(Input data begins)

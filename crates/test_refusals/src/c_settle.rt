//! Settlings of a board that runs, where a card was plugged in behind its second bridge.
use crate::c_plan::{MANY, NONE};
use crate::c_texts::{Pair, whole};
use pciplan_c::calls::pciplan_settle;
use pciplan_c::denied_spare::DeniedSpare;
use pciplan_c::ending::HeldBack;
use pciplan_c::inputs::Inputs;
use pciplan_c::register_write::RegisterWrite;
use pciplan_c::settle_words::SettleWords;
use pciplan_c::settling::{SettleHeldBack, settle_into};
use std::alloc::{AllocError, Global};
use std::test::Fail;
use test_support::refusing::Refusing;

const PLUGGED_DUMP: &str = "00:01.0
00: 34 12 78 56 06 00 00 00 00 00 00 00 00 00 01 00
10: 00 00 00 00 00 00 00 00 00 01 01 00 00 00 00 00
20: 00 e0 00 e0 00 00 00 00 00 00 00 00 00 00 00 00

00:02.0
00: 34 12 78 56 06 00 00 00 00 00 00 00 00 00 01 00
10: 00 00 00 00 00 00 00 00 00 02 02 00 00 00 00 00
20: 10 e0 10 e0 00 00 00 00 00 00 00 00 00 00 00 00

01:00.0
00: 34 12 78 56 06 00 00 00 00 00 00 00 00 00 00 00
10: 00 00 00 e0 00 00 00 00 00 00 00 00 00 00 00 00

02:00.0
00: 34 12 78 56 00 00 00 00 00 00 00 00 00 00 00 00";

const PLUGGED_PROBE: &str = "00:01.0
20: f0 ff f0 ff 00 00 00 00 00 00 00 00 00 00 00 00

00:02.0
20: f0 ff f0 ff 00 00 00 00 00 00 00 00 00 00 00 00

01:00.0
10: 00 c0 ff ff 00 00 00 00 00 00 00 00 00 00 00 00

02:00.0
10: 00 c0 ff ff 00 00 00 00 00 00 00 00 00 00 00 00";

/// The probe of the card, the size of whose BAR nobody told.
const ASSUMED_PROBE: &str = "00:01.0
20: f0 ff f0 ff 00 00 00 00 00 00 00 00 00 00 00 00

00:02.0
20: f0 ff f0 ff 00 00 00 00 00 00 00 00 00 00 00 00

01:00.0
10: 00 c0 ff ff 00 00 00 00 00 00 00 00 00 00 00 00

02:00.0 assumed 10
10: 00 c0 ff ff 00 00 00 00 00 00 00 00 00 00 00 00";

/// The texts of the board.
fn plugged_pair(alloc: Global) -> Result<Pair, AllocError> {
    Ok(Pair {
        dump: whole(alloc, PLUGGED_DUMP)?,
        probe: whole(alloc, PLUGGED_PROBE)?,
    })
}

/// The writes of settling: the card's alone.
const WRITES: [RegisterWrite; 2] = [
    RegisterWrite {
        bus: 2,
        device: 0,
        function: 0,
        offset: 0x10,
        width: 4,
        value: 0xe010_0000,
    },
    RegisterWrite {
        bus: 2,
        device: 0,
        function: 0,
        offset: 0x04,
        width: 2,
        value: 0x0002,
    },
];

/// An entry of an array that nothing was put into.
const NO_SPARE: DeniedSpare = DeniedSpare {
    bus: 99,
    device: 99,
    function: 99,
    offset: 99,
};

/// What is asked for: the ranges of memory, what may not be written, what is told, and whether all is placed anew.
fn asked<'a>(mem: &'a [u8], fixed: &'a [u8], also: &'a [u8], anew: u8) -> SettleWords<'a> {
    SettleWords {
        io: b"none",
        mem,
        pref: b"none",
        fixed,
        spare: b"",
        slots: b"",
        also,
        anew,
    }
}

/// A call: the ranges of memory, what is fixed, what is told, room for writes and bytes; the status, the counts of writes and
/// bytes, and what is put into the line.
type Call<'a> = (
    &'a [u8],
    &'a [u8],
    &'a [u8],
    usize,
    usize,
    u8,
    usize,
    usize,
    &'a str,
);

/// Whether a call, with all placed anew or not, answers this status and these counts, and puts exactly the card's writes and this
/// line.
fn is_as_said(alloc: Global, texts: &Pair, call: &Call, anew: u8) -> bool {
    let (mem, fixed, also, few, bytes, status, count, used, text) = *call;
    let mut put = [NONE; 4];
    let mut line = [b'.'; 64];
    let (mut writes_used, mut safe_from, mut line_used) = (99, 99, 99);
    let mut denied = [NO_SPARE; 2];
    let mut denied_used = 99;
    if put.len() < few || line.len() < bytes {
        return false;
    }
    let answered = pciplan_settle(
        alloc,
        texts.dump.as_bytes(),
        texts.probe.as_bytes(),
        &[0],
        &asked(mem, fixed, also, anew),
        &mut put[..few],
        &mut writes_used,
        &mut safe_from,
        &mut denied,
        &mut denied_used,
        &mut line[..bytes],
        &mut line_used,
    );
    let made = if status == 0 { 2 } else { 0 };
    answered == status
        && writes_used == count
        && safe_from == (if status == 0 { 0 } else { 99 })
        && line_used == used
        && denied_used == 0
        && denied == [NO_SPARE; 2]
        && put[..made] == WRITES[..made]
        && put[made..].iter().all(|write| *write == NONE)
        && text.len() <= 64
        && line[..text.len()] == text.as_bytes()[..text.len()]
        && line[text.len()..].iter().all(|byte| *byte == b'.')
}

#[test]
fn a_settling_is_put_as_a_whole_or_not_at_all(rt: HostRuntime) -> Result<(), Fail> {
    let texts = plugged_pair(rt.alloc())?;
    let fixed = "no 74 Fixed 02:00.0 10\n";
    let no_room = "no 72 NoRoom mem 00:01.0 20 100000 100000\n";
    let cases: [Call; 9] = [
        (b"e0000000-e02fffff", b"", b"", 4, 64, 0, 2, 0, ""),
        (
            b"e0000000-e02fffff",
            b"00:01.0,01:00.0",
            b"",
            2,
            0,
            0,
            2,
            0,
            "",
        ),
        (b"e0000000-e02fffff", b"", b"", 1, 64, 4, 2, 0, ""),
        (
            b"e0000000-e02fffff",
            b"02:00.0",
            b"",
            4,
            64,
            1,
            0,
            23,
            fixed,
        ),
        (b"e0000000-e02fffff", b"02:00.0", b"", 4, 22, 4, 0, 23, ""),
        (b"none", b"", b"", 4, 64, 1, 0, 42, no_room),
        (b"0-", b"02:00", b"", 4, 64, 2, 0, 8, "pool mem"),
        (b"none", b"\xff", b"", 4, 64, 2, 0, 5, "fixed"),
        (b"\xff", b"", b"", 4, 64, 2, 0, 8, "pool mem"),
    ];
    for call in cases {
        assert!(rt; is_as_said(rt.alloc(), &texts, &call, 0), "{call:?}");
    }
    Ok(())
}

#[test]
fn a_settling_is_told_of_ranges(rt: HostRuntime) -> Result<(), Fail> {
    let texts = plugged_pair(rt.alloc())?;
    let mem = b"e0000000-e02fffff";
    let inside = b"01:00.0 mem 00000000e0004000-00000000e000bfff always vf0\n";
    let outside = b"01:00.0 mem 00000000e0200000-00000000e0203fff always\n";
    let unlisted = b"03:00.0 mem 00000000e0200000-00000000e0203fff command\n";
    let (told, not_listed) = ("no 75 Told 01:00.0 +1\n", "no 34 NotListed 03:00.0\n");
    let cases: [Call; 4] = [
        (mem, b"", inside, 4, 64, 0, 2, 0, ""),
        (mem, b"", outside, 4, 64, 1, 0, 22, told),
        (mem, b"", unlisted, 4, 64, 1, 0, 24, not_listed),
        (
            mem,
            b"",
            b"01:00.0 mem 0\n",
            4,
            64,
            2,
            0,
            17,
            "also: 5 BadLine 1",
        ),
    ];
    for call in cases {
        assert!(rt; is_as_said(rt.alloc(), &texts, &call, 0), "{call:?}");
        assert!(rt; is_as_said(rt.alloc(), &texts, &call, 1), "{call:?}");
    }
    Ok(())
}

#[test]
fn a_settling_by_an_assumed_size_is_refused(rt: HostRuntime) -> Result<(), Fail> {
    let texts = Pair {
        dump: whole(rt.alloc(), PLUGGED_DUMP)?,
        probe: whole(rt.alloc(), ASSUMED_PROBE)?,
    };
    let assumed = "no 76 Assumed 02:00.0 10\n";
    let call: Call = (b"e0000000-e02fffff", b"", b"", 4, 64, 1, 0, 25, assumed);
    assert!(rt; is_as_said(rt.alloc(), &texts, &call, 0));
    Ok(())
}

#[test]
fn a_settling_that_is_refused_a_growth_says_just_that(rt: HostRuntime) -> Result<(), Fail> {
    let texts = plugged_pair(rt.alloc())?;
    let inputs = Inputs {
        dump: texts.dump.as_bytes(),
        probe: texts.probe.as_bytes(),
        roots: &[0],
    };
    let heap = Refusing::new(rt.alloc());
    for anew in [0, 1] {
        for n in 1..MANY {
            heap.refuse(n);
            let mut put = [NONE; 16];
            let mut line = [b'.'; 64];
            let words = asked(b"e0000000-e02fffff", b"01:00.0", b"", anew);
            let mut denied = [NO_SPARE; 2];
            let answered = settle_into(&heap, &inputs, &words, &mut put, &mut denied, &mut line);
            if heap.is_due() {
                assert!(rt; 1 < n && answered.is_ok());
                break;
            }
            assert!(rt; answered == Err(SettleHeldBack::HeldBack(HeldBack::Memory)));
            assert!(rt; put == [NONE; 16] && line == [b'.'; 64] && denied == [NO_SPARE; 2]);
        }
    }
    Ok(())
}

(Input data ends)

Work task
Would you please return all lines from the listing above that contain "placed"?

Task solution
/// What is asked for: the ranges of memory, what may not be written, what is told, and whether all is placed anew.
/// Whether a call, with all placed anew or not, answers this status and these counts, and puts exactly the card's writes and this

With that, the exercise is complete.